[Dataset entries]
Start of Block
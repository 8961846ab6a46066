//! The entries of a store while it is read.
ghost use Rattle.std.specs.Prelude.{◌≡◌, ◌+◌, ◌≤◌, [], ◌∷◌, ◌++◌, length, IsTrue, OnOk, IfOk, IfErr, MatchResult};
ghost use Rattle.std.specs.BTreeMap.{IsOrdered};
ghost use Rattle.tup_path.specs.Order.{by_bytes};
ghost use Rattle.tup_table.specs.Compact.{size_in, size_of};
ghost use Rattle.tup_table.specs.Entries.{changed};
ghost use Rattle.tup_table.specs.KeyFronts.{AreByFronts, front_by as front_of_first, front_of};
ghost use Rattle.tup_table.specs.Slots.{gathered, IsReplaced, LeaveAlike, standing};
ghost use Rattle.tup_table.specs.Spelling.{ChangeFits};

use crate::entries::Entries;
use crate::entry::Entry;
use crate::fault::TableFault;
use crate::seen::{Seen, SeenSlot};
use crate::size::with;
use crate::slots::Slots;
use byteorder::{BigEndian, ByteOrder};
use std::alloc::{AllocError, Global};
use std::marker::Model;
use tup_path::{Bytes, Items};

/// What changes leave under their keys, in the order of the changes; of a key the last one counts. They are put in order at
/// once, which takes far fewer comparisons than one search for each change, and copied once they are in order. Contracts see
/// the entries that they leave.
#[derive(Drop)]
pub(crate) struct Gathered<'a> {
    slots: Items<SeenSlot<'a>>,
}

impl<'a> Model for Gathered<'a> {
    ghost use Rattle.std.specs.Prelude.{List, ℕ, []};
    ghost use Rattle.tup_table.specs.Compact.{EntriesFit};
    ghost use Rattle.tup_table.specs.Slots.{gathered, standing};
    ghost use Rattle.tup_table.specs.declared.entry.Entry.{Entry};

    ghost Value = { List (List ℕ × Entry) };

    ghost view = { λ g. standing (gathered [] g.slots) };

    ghost invariant = { λ g. EntriesFit (standing (gathered [] g.slots)) };
}

impl<'a> Gathered<'a> {
    /// No changes; it takes no memory.
    pub(crate) fn new(alloc: Global) -> Gathered<'a>
        ensures { result ≡ [] }
    {
        Gathered {
            slots: Items::new(alloc),
        }
    }

    /// Takes in a change of the commit behind the gate at an offset.
    pub(crate) fn apply(&mut self, change: Seen<'a>, origin: u64) -> Result<(), TableFault>
        requires { ChangeFits change }
        ensures ok { OnOk result (self.new ≡ changed origin self.old change.entry) }
        ensures err { IfErr result (λ fault. fault ≡ TableFault.Memory) }
    {
        self.slots.push(SeenSlot { change, origin })?;
        Ok(())
    }

    /// The entries that the changes leave.
    pub(crate) fn into_entries(self, alloc: Global) -> Result<Entries, TableFault>
        ensures { MatchResult result
            (λ entries. entries ≡ self.entry) (λ fault. fault ≡ TableFault.Memory) }
    {
        let slots = in_order(alloc, self.slots.into_vec())?;
        let size = size_taken(&slots)?;
        Ok(Entries { slots, size })
    }
}

/// Slots in the byte order of keys, the last one of each key. Most are in order once their fronts are, which are compared as
/// numbers.
fn in_order(alloc: Global, slots: Vec<SeenSlot<'_>>) -> Result<Slots, AllocError>
    ensures entries { IfOk result (λ map. map.entries ≡ gathered [] slots.entry.items) }
    ensures ordered { IfOk result (IsOrdered by_bytes) }
{
    let sorted = by_fronts(slots)?;
    let kept = last_copied(alloc, sorted.as_slice())?;
    drop(sorted);
    kept.into_iter().collect(alloc)
}

/// Slots in the order of the fronts of their keys; those of one front stay in their order.
fn by_fronts(mut slots: Vec<SeenSlot<'_>>) -> Result<Vec<SeenSlot<'_>>, AllocError>
    ensures { IfOk result (λ sorted. AreByFronts slots.entry.items sorted.items) }
{
    slots.sort_by_cached_key(|slot| front(slot.key()))?;
    Ok(slots)
}

/// Slots copied, but for those that the next one replaces.
fn last_copied(
    alloc: Global,
    slots: &[SeenSlot<'_>],
) -> Result<Vec<(Bytes, Option<Entry>)>, AllocError>
    ensures { IfOk result (λ kept. LeaveAlike kept.items slots.now) }
{
    let mut kept = Vec::with_capacity(alloc, slots.len())?;
    let mut at = 0;
    'left: while at < slots.len() {
        keep(alloc, &mut kept, &slots[at], &slots[at + 1..])?;
        at += 1;
    }
    Ok(kept)
}

/// Adds a slot, unless it is replaced by the first of those behind it.
fn keep(
    alloc: Global,
    kept: &mut Vec<(Bytes, Option<Entry>)>,
    slot: &SeenSlot<'_>,
    behind: &[SeenSlot<'_>],
) -> Result<(), AllocError>
    ensures { OnOk result
        (LeaveAlike (kept.new.items ++ behind.now) (kept.old.items ++ slot.now ∷ behind.now)) }
{
    if is_replaced(slot, behind) {
        return Ok(());
    }
    kept.push(slot.copied(alloc)?)?;
    Ok(())
}

/// Whether a slot is replaced by the next one.
fn is_replaced(slot: &SeenSlot<'_>, behind: &[SeenSlot<'_>]) -> bool
    ensures { IsTrue result → IsReplaced slot.now behind.now }
{
    match behind.first() {
        Some(next) => next.key() == slot.key(),
        None => false,
    }
}

/// The front of a key: its first 16 bytes as a number, or all of them with as many zeros behind them as there are less.
fn front(key: &[u8]) -> u128
    ensures { result ≡ front_of key.now }
{
    if key.len() >= 16 {
        return front_by(key, 16);
    }
    if key.is_empty() {
        return 0;
    }
    front_by(key, key.len())
}

/// So many first bytes of a key as a number, in the place of the highest of 16 bytes.
fn front_by(key: &[u8], count: usize) -> u128
    requires some { 1 ≤ count }
    requires few { count ≤ 16 }
    requires there { count ≤ length key.now }
    ensures { result ≡ front_of_first count key.now }
{
    let number = BigEndian::read_uint128(key, count);
    number.rotate_right(8 * count as u32)
}

/// How many bytes the entries of slots take in a commit.
fn size_taken(slots: &Slots) -> Result<u64, TableFault>
    ensures { MatchResult result
        (λ size. (size ≡ size_of (standing slots.now.entries)) × (size ≤ 4611686018427387904))
        (λ fault. fault ≡ TableFault.Memory) }
{
    let mut size = 0;
    for (key, slot) in slots.iter() {
        size = with_slot(size, key, slot)?;
    }
    Ok(size)
}

/// A size and that of the entry of a slot, if there is one.
fn with_slot(size: u64, key: &Bytes, slot: &Option<Entry>) -> Result<u64, TableFault>
    requires { size ≤ 4611686018427387904 }
    ensures { MatchResult result
        (λ sum. (sum ≡ size + size_in key.now slot.now) × (sum ≤ 4611686018427387904))
        (λ fault. fault ≡ TableFault.Memory) }
{
    match slot {
        Some(entry) => with_entry(size, key, &entry.value),
        None => Ok(size),
    }
}

/// A size and that of the entry of a key with this value.
fn with_entry(size: u64, key: &Bytes, value: &Bytes) -> Result<u64, TableFault>
    ensures { MatchResult result
        (λ sum. (sum ≡ size + (7 + length key.now + length value.now))
        × (sum ≤ 4611686018427387904))
        (λ fault. fault ≡ TableFault.Memory) }
{
    let size = with(size, 7)?;
    let size = with(size, key.as_slice().len() as u64)?;
    let size = with(size, value.as_slice().len() as u64)?;
    Ok(size)
}
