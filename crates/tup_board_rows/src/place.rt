//! Whether a file may stand at a path.
ghost use Rattle.std.specs.Prelude.{◌↔◌, All, IsTrue};
ghost use Rattle.tup_board_rows.specs.Apart.{IsBeside, MayStand};

use tup_path::Path;

/// Whether a file may stand at a path beside those at these paths: it isn't the top, nor above or below one.
pub(crate) fn may_stand(path: &Path, paths: &[Path]) -> bool
    ensures { IsTrue result ↔ MayStand paths.now path.now }
{
    path.depth() > 0 && are_beside(path, paths)
}

fn are_beside(path: &Path, others: &[Path]) -> bool
    ensures { IsTrue result ↔ All (IsBeside path.now) others.now }
{
    others.iter().all(|other| is_beside(path, other))
}

/// Whether two paths lie neither above nor below each other.
fn is_beside(path: &Path, other: &Path) -> bool
    ensures { IsTrue result ↔ IsBeside path.now other.now }
{
    !path.is_below(other) && !other.is_below(path)
}
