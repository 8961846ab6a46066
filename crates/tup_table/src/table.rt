//! A table over the store of a site.
ghost use Rattle.std.specs.Prelude.{◌≡◌, ◌≢◌, ◌⊎◌, ◌++◌, ◌∷◌, [], ◌+◌, ◌*◌, ◌<◌, ◌≤◌, false, length, All, ◌↔◌, IsTrue, IfOk, IfErr, OnOk, Err, MatchResult, option_map};
ghost use Rattle.std.specs.Option.{option_copied};
ghost use Rattle.tup_path.specs.Gives.{GivesUnless};
ghost use Rattle.tup_site.specs.Crash.{GoesOn, PinsStore, WriteStep};
ghost use Rattle.tup_site.specs.World.{TreeStays};
ghost use Rattle.byteorder.specs.Endian.{big_bytes};
ghost use Rattle.tup_table.specs.Appending.{HasShortKey, appending};
ghost use Rattle.tup_table.specs.Cause.{CountsFaults, IsOutside, OnlyOutside};
ghost use Rattle.tup_table.specs.Compact.{live_by, live_size, size_of};
ghost use Rattle.tup_table.specs.Entries.{committed, entry_at};
ghost use Rattle.tup_table.specs.Images.{CommitStep, CompactStep, OpenStep, IsEndWritten, compacted_store, rested, written_at};
ghost use Rattle.tup_table.specs.Store.{header, most_live, CommitFits};

use crate::appending::{appended, has_room};
use crate::change::Change;
use crate::compacting::snapshot_of;
use crate::due::Due;
use crate::entries::Entries;
use crate::fault::TableFault;
use crate::finishing::write_compact;
use crate::opened::Opened;
use crate::opening::settle_found;
use crate::reading::{LOW, MAX_LIVE, find, opened};
use crate::size::{live_of, size_after};
use crate::slots::{copies, make_room, settle};
use crate::writing::{durable_bytes, write_commit, write_through};
use std::alloc::Global;
use tup_path::Bytes;
use tup_site::Site;

/// A store without commits: its head, with the switch closed, and a closed gate.
const NO_COMMITS: [u8; 18] = *b"tup-db2\x01\x00\x00\x00\x00\x00\x00\x00\x00\x00\x00";

/// From how many bytes on a store is compacted before a commit, where less than half of them are live.
const LONG: u64 = 536_870_912;

/// A map from keys to values in the store of a site.
///
/// A fresh table stands for the bytes of the store, and a crash leaves just these. A commit that the site refuses may
/// leave the entries before it or after it: the table isn't fresh then, and the store is opened again.
#[derive(Drop)]
pub struct Table {
    entries: Entries,
    /// The offset of the gate at which the next commit goes.
    gate: u64,
    fresh: bool,
}
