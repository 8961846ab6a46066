//! A site in memory that tells contracts nothing but its failures.
ghost use Rattle.std.specs.Prelude.{◌≡◌, ◌+◌, ◌≤◌, ◌<◌, ◌↔◌, ℕ, [], All, IfOk, IsTrue, Some, length};
ghost use Rattle.std.specs.FinMap as finite;
ghost use Rattle.tup_path.specs.Count.{Rose};
ghost use Rattle.tup_path.specs.Name.{Names};
ghost use Rattle.tup_site.specs.Cause.{CountsFaults, IsPlace, NeverTooLarge, most_bytes};
ghost use Rattle.tup_site.specs.Memory.{store_in, tree_in};
ghost use Rattle.tup_site.specs.declared.fault.SiteFailed.TheVariants.{Fault};
ghost use Rattle.tup_board_rows.specs.Apart.{MayStand};

use crate::place::may_stand;
use std::alloc::{AllocError, Global};
use tup_path::{Bytes, Path, Paths};
use tup_rows::set;
use tup_site::{Limits, MemSite, Site, SiteFailed};
use tup_stamp::Stamp;

/// A site in memory of which contracts know nothing but how often it failed: they ask nothing of what it holds.
#[derive(Drop)]
pub(crate) struct Quiet {
    site: MemSite,
    /// How many more calls pass.
    left: u64,
    faults: u64,
    /// A file that is too large, and how many bytes it has.
    large: Option<(Path, u64)>,
}

impl Quiet {
    /// A site all of whose calls pass.
    pub(crate) fn new(site: MemSite) -> Quiet {
        Quiet {
            site,
            left: u64::MAX,
            faults: 0,
            large: None,
        }
    }

    /// Has a file grow to so many bytes.
    pub(crate) fn set_large(&mut self, large: &Option<(Path, u64)>) -> Result<(), AllocError> {
        set(&mut self.large, large.clone()?);
        Ok(())
    }

    /// How many bytes a file has, where these are too many.
    fn too_many(&self, path: &Path) -> Option<u64>
        ensures { (bytes : ℕ) → result ≡ Some bytes → most_bytes < bytes }
    {
        match &self.large {
            Some((large, bytes)) if large == path && *bytes > 16_777_216 => Some(*bytes),
            _ => None,
        }
    }

    /// Lets so many calls pass; all later ones fail.
    pub(crate) fn stop_after(&mut self, calls: u64) {
        self.left = calls;
    }

    /// The site beneath, where all calls pass.
    pub(crate) fn into_site(self) -> MemSite {
        self.site
    }

    /// The same, to be looked at.
    pub(crate) fn beneath(&mut self) -> &mut MemSite {
        &mut self.site
    }

    /// Begins a call, which fails where no more pass.
    fn begin(&mut self) -> Result<(), SiteFailed>
        ensures cause { CountsFaults self.old.faults self.new.faults result }
        ensures never_too_large { NeverTooLarge result }
    {
        if self.left == 0 {
            return Err(self.fail());
        }
        self.left -= 1;
        Ok(())
    }

    /// Counts a failure.
    fn fail(&mut self) -> SiteFailed
        ensures fault { result ≡ Fault }
        ensures rose { Rose self.old.faults self.new.faults }
        ensures later { self.old.faults ≤ self.new.faults }
        ensures site { self.new.site ≡ self.old.site }
    {
        self.faults = self.faults.saturating_add(1);
        SiteFailed::Fault
    }

    /// An answer of the site beneath, whose failure is counted.
    fn told<T>(&mut self, answer: Result<T, SiteFailed>) -> Result<T, SiteFailed>
        ensures same { result ≡ answer }
        ensures site { self.new.site ≡ self.old.site }
        ensures cause { CountsFaults self.old.faults self.new.faults result }
    {
        if let Err(SiteFailed::Fault) = &answer {
            self.fail();
        }
        answer
    }

    /// Whether a file may be put at a path: there is one already, or one may stand beside all others.
    fn has_place(&mut self, alloc: Global, path: &Path) -> Result<bool, SiteFailed>
        ensures place { IfOk result (λ has. IsTrue has → IsPlace (tree_in self.new.site) path.now) }
        ensures cause { CountsFaults self.old.faults self.new.faults result }
        ensures never_too_large { NeverTooLarge result }
    {
        if self.site.file(path).is_some() {
            return Ok(true);
        }
        self.has_room(alloc, path)
    }

    /// Whether a file may stand at a path beside all that there are.
    fn has_room(&mut self, alloc: Global, path: &Path) -> Result<bool, SiteFailed>
        ensures place { IfOk result (λ has. IsTrue has → IsPlace (tree_in self.new.site) path.now) }
        ensures cause { CountsFaults self.old.faults self.new.faults result }
        ensures never_too_large { NeverTooLarge result }
    {
        let paths = self.site.list(alloc);
        let paths = self.told(paths)?;
        Ok(may_stand(path, paths.as_slice()))
    }
}

impl Site for Quiet {
    ghost use Rattle.std.specs.Prelude.{[], false};
    ghost use Rattle.tup_site.specs.Laws.{least_law};
    ghost use Rattle.tup_site.specs.Limits.{least};
    ghost use Rattle.std.specs.FinMap as finite;

    ghost tells = { false };

    ghost world = { λ _. record { tree = finite.empty; store = [] } };

    ghost known = { λ _. [] };

    ghost moment = { λ _. 0 };

    ghost left_since = { λ _ _ _. ⊥ };

    ghost faults = { λ quiet. quiet.faults };

    ghost limits = { least };

    ghost are_limits = { least_law };

    ghost told_limits = { λ no. Prim.cc };

    ghost is_tree = { λ site no. Prim.cc };

    ghost is_known = { λ site no. Prim.cc };

    ghost knows_tree = { λ site no. Prim.cc };

    ghost present = { λ site no. Prim.cc };

    ghost earlier = { λ site t u w no le left. Prim.cc };

    ghost leaves_tree = { λ site t w no left. Prim.cc };

    ghost leaves_known = { λ site w no left. Prim.cc };

    fn list(&mut self, alloc: Global) -> Result<Paths, SiteFailed> {
        self.begin()?;
        let answer = self.site.list(alloc);
        self.told(answer)
    }

    fn noted(&mut self, alloc: Global, path: &Path) -> Result<Option<Stamp>, SiteFailed> {
        let answer = self.site.noted(alloc, path);
        self.told(answer)
    }

    fn get(&mut self, alloc: Global, path: &Path) -> Result<Option<Bytes>, SiteFailed> {
        self.begin()?;
        if let Some(bytes) = self.too_many(path) {
            return Err(SiteFailed::TooLarge(bytes));
        }
        let answer = self.site.get(alloc, path);
        self.told(answer)
    }

    fn put(&mut self, alloc: Global, path: &Path, content: &Bytes) -> Result<(), SiteFailed> {
        self.begin()?;
        if !self.has_place(alloc, path)? {
            return Err(self.fail());
        }
        let answer = self.site.put(alloc, path, content);
        self.told(answer)
    }

    fn remove(&mut self, alloc: Global, path: &Path) -> Result<(), SiteFailed> {
        self.begin()?;
        let answer = self.site.remove(alloc, path);
        self.told(answer)
    }

    fn settle(&mut self, alloc: Global) -> Result<(), SiteFailed> {
        self.begin()?;
        let answer = self.site.settle(alloc);
        self.told(answer)
    }

    fn db_len(&mut self, alloc: Global) -> Result<u64, SiteFailed> {
        self.begin()?;
        let answer = self.site.db_len(alloc);
        self.told(answer)
    }

    fn db_read(&mut self, alloc: Global, at: u64, into: &mut [u8]) -> Result<(), SiteFailed> {
        self.begin()?;
        if !has_bytes(self.site.store(), at, into.len()) {
            return Err(self.fail());
        }
        let answer = self.site.db_read(alloc, at, into);
        self.told(answer)
    }

    fn db_write(&mut self, alloc: Global, at: u64, bytes: &[u8]) -> Result<(), SiteFailed> {
        self.begin()?;
        if !has_bytes(self.site.store(), at, 0) {
            return Err(self.fail());
        }
        let answer = self.site.db_write(alloc, at, bytes);
        self.told(answer)
    }

    fn db_sync(&mut self, alloc: Global) -> Result<(), SiteFailed> {
        self.begin()?;
        let answer = self.site.db_sync(alloc);
        self.told(answer)
    }

    fn db_cut(&mut self, alloc: Global, len: u64) -> Result<(), SiteFailed> {
        self.begin()?;
        let answer = self.site.db_cut(alloc, len);
        self.told(answer)
    }

    fn faults(&self) -> u64 {
        self.faults
    }

    fn limits(&self) -> Limits {
        self.site.limits()
    }
}

/// Whether a store has so many bytes from a place on.
fn has_bytes(store: &[u8], at: u64, count: usize) -> bool
    ensures { IsTrue result → at + count ≤ length store.now }
{
    match (store.len() as u64).checked_sub(at) {
        Some(rest) => count as u64 <= rest,
        None => false,
    }
}
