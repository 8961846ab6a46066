//! Bytes that are read from the front.
ghost use Rattle.std.specs.Prelude.{◌≡◌, ◌↔◌, [], ◌∷◌, MatchOption, IsTrue};
ghost use Rattle.tup_table.specs.Front.{Front, NoFront};
ghost use Rattle.tup_table.specs.Store.{sized, IsSized};

use crate::sized::{long_at, short_at};
use std::marker::Model;

/// Bytes that are read from the front. Contracts see the bytes that are left.
#[derive(Drop)]
pub(crate) struct Reader<'a> {
    rest: &'a [u8],
}

impl<'a> Model for Reader<'a> {
    ghost use Rattle.std.specs.Prelude.{List, ℕ};

    ghost Value = { List ℕ };

    ghost view = { λ r. r.rest.now };
}

impl<'a> Reader<'a> {
    /// Reads these bytes from the first one on.
    pub(crate) fn new(bytes: &'a [u8]) -> Reader<'a>
        ensures { result ≡ bytes.now }
    {
        Reader { rest: bytes }
    }

    /// Whether no bytes are left.
    pub(crate) fn is_done(&self) -> bool
        ensures { IsTrue result ↔ (self.now ≡ []) }
    {
        self.rest.is_empty()
    }

    /// The bytes that are left.
    pub(crate) fn rest(&self) -> &'a [u8]
        ensures { result.now ≡ self.now }
    {
        self.rest
    }

    /// The next byte, if one is left.
    pub(crate) fn byte(&mut self) -> Option<u8>
        ensures { MatchOption result (self.old ≡ []) (λ byte. self.old ≡ byte ∷ self.new) }
    {
        let (byte, rest) = self.rest.split_first()?;
        self.rest = rest;
        Some(*byte)
    }

    /// The next bytes, behind a length of two bytes, if they are whole.
    pub(crate) fn short(&mut self) -> Option<&'a [u8]>
        ensures { MatchOption result (NoFront (IsSized 2) (sized 2) self.old)
            (λ bytes. Front (IsSized 2) (sized 2) self.old bytes.now self.new) }
    {
        let (bytes, rest) = short_at(self.rest)?;
        self.rest = rest;
        Some(bytes)
    }

    /// The next bytes, behind a length of four bytes, if they are whole.
    pub(crate) fn long(&mut self) -> Option<&'a [u8]>
        ensures { MatchOption result (NoFront (IsSized 4) (sized 4) self.old)
            (λ bytes. Front (IsSized 4) (sized 4) self.old bytes.now self.new) }
    {
        let (bytes, rest) = long_at(self.rest)?;
        self.rest = rest;
        Some(bytes)
    }
}
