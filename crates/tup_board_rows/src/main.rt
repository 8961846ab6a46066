//! The rows of a board: seats that are driven by hand, and updates that are stopped and done again.
//!
//! The file of `data/` has rows, a call with the answer that is wanted each. Its head says what the calls and their
//! arguments mean. A board stands over a site in memory that tells contracts nothing but its failures (`Quiet`); what a
//! call of the board asks of its caller is tested before it (`tup_apart`, `desk`). Behind the rows, crews drain boards over the
//! site in memory itself, each runner in a thread of its own, and come to what one runner comes to (`crew`).
#![tactic(auto)]

mod clean;
mod crash;
mod crew;
mod desk;
mod opening;
mod order;
mod place;
mod project;
mod quiet;
mod report;
mod rows;
mod script;
mod seat;
mod shown;
mod store;
mod sweep;

use crew::try_crews;
use project::Given;
use std::io;
use tup_rows::try_file_by;

fn main(rt: HostRuntime) -> io::Result<()> {
    let alloc = rt.alloc();
    try_file_by(&rt, alloc, "board.rows", Given::new(alloc))?;
    match try_crews(&rt, alloc) {
        Ok(tried) => println!(&rt; "crews: {} boards, {} differ", tried.boards, tried.differ),
        Err(fault) => println!(&rt; "crews: {fault}"),
    }
}
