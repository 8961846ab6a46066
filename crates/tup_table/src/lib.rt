//! A map from keys to values in the bytes of a store, which a crash leaves as it was before a commit or as it is
//! after it.
//!
//! The bytes are a head and then commits, each behind a gate: a byte that is opened only once the whole commit is
//! durable. `read` gives the entries that they stand for, and `appended` the bytes by which a store takes a commit.
//! Both ways are exact: what is written is read, and what is refused is no store.
//!
//! A `Table` stands for the store of a site. `make` begins a store, `open` reads what a crash left, and `commit` carries
//! out changes, with two writes and two syncs.
//!
//! The commits stand in the low area, right behind the head. `compact` makes them one commit of all entries. It writes this
//! behind them, as the high area, and opens the switch in the head, by which the high area is read; it writes it into the low
//! area, closes the switch, and cuts the store behind it. What a crash left of this, `open` finishes.
#![tactic(auto)]

mod appending;
mod change;
mod compacting;
mod due;
mod entries;
mod entry;
mod fault;
mod finishing;
mod found;
mod gathered;
mod laws;
mod opened;
mod opening;
mod reader;
mod reading;
mod seen;
mod size;
mod sized;
mod slots;
mod table;
mod writing;

pub use appending::{appended, have_short_keys};
pub use change::Change;
pub use entries::Entries;
pub use entry::Entry;
pub use fault::TableFault;
pub use laws::{bytes_read_in_one_way, compacting_keeps, last_change_stands, written_is_read};
pub use opened::Opened;
pub use reading::read;
pub use table::Table;
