//! The project that rows give.
use std::alloc::Global;
use tup_given::Project;
use tup_path::{Items, Path};
use tup_rows::{RowFault, Words, set};

/// What the rows so far gave.
#[derive(Drop)]
pub(crate) struct Given {
    pub(crate) project: Project,
    /// The source that grows once it was scanned, and how many bytes it has then.
    pub(crate) large: Option<(Path, u64)>,
}

impl Given {
    /// Nothing yet.
    pub(crate) fn new(alloc: Global) -> Given {
        Given {
            project: Project::new(alloc),
            large: None,
        }
    }

    /// Forgets what the rows gave.
    pub(crate) fn begin_anew(&mut self, alloc: Global) -> Words {
        set(self, Given::new(alloc));
        Words::new(alloc)
    }

    /// Has a source grow to so many bytes once it was scanned.
    pub(crate) fn set_large(&mut self, alloc: Global, said: &Words) -> Words {
        let large = (said.path_at(alloc, 0), said.number_at(1));
        set(&mut self.large, Some(large));
        Words::new(alloc)
    }
}

/// The numbers of rules that a word of a row is, parted by blanks.
pub(crate) fn reach_at(alloc: Global, said: &Words, at: usize) -> Items<u32> {
    let mut numbers = Items::new(alloc);
    for word in said.str_at(at).split_ascii_whitespace() {
        said.list(&mut numbers, number_of(said, word));
    }
    numbers
}

/// The number that a word is. Where it is none the row differs, and this is 0.
fn number_of(said: &Words, word: &str) -> u32 {
    match word.parse() {
        Ok(number) => number,
        Err(_) => {
            said.fail(RowFault::OtherKind);
            0
        }
    }
}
End of Block
■ **Work task**
I need every line of the data that has the word "Stamp"; please list them.

■ **Completed exercise**
use tup_stamp::Stamp;
    fn noted(&mut self, alloc: Global, path: &Path) -> Result<Option<Stamp>, SiteFailed> {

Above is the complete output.